WWWI
- Baxter, Minnesota; United States;
- Broadcast area: Brainerd, Minnesota
- Frequency: 1270 kHz
- Branding: Talk 100

Programming
- Format: Talk

Ownership
- Owner: Jimmy D. Birkemeyer; (R & J Broadcasting, Inc.);
- Sister stations: KFGI; KKIN; KKIN-FM; KLKS; WWWI-FM;

History
- First air date: August 29, 1987
- Former call signs: WJJY (1986–1994)

Technical information
- Licensing authority: FCC
- Facility ID: 67359
- Class: D
- Power: 5,000 watts day; 45 watts night;
- Translator: 96.3 W242DB (Baxter)

Links
- Public license information: Public file; LMS;
- Website: rjbroadcasting.com/kkin-kfgi-wwwi-klks/

= WWWI (AM) =

WWWI (1270 kHz) is an AM radio station in Baxter/Brainerd, Minnesota airing a talk format and simulcasting KLKS (100.1 FM).

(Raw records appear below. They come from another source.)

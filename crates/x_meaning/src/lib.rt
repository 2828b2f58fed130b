#![tactic(auto)]

// What a program means: see specs/.
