//! Laws of the grammar, each the contract of a function that does nothing.

ghost use Rattle.std.specs.Prelude.{◌≡◌, ◌↔◌, ◌<◌, ◌^◌, ℕ, List, [], ◌∷◌, All};
ghost use Rattle.pcapng_io.specs.NgReading.{ng_capture_of};
ghost use Rattle.pcapng_io.specs.declared.end.NgEnd.TheVariants.{CutIn, Faulty, Whole};
ghost use Rattle.pcapng_io.specs.declared.fault.NgFault.TheVariants as ng;
ghost use Rattle.pcapng_theory.specs.NgEndings.{BadBlock, BadMagic, BadVersion, Cut, EndOfBytes, NoInterface, ObsoleteBlock, TooManyPackets};
ghost use Rattle.pcapng_theory.specs.NgFiles.{EndsAt, EndsIn, File, Spells};
ghost use Rattle.pcapng_theory.specs.NgFrames.{file_reading};

/// A file that the grammar spells is read as the frames of its packets, and ends as its bytes do.
pub fn spelled_files_are_read()
    ensures { (bytes : List ℕ) (f : File) → Spells bytes f → ng_capture_of bytes ≡ file_reading f }
{}

/// Any bytes are spelled by the grammar, and what is read of them is what it says.
pub fn each_file_is_spelled()
    ensures { (bytes : List ℕ) → All (λ b. b < 2 ^ 8) bytes
        → (f : File) × Spells bytes f × (ng_capture_of bytes ≡ file_reading f) }
{}

/// Bytes are spelled in one way at most: each section, block and field, and how they end.
pub fn files_are_spelled_in_one_way()
    ensures { (bytes : List ℕ) (f g : File) → Spells bytes f → Spells bytes g → f ≡ g }
{}

/// A file that begins with the type of a section has no block before its first section.
pub fn files_begin_with_a_section()
    ensures { (bytes : List ℕ) (f : File)
        → Spells (0x0a ∷ 0x0d ∷ 0x0d ∷ 0x0a ∷ bytes) f → f.before_sections ≡ [] }
{}

/// Each refusal is told, of the block of a number, exactly where the bytes end so in that block, and
/// that a file is whole exactly where no byte is left.
pub fn refusals_are_those_of_the_grammar()
    ensures block { (bytes : List ℕ) (n : ℕ) → All (λ b. b < 2 ^ 8) bytes
        → ((ng_capture_of bytes).end ≡ Faulty (ng.NgBlock n)) ↔ EndsIn bytes BadBlock n }
    ensures magic { (bytes : List ℕ) (n : ℕ) → All (λ b. b < 2 ^ 8) bytes
        → ((ng_capture_of bytes).end ≡ Faulty (ng.NgMagic n)) ↔ EndsIn bytes BadMagic n }
    ensures version { (bytes : List ℕ) (n : ℕ) → All (λ b. b < 2 ^ 8) bytes
        → ((ng_capture_of bytes).end ≡ Faulty (ng.NgVersion n)) ↔ EndsIn bytes BadVersion n }
    ensures interface { (bytes : List ℕ) (n : ℕ) → All (λ b. b < 2 ^ 8) bytes
        → ((ng_capture_of bytes).end ≡ Faulty (ng.NgInterface n))
        ↔ EndsIn bytes NoInterface n }
    ensures cut { (bytes : List ℕ) (n : ℕ) → All (λ b. b < 2 ^ 8) bytes
        → ((ng_capture_of bytes).end ≡ CutIn n) ↔ EndsIn bytes Cut n }
    ensures obsolete { (bytes : List ℕ) (n : ℕ) → All (λ b. b < 2 ^ 8) bytes
        → ((ng_capture_of bytes).end ≡ Faulty (ng.NgOldBlock n))
        ↔ EndsIn bytes ObsoleteBlock n }
    ensures limit { (bytes : List ℕ) → All (λ b. b < 2 ^ 8) bytes
        → ((ng_capture_of bytes).end ≡ Faulty ng.FrameLimit) ↔ EndsAt bytes TooManyPackets }
    ensures whole { (bytes : List ℕ) → All (λ b. b < 2 ^ 8) bytes
        → ((ng_capture_of bytes).end ≡ Whole) ↔ EndsAt bytes EndOfBytes }
{}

Established in 1987 as WJJY, the station is owned by Jimmy D. Birkemeyer's R & J Broadcasting.

On September 16, 2016, Red Rock Radio announced that it would sell WWWI to R & J Broadcasting as part of an eight station deal; the sale was completed on December 21, 2016.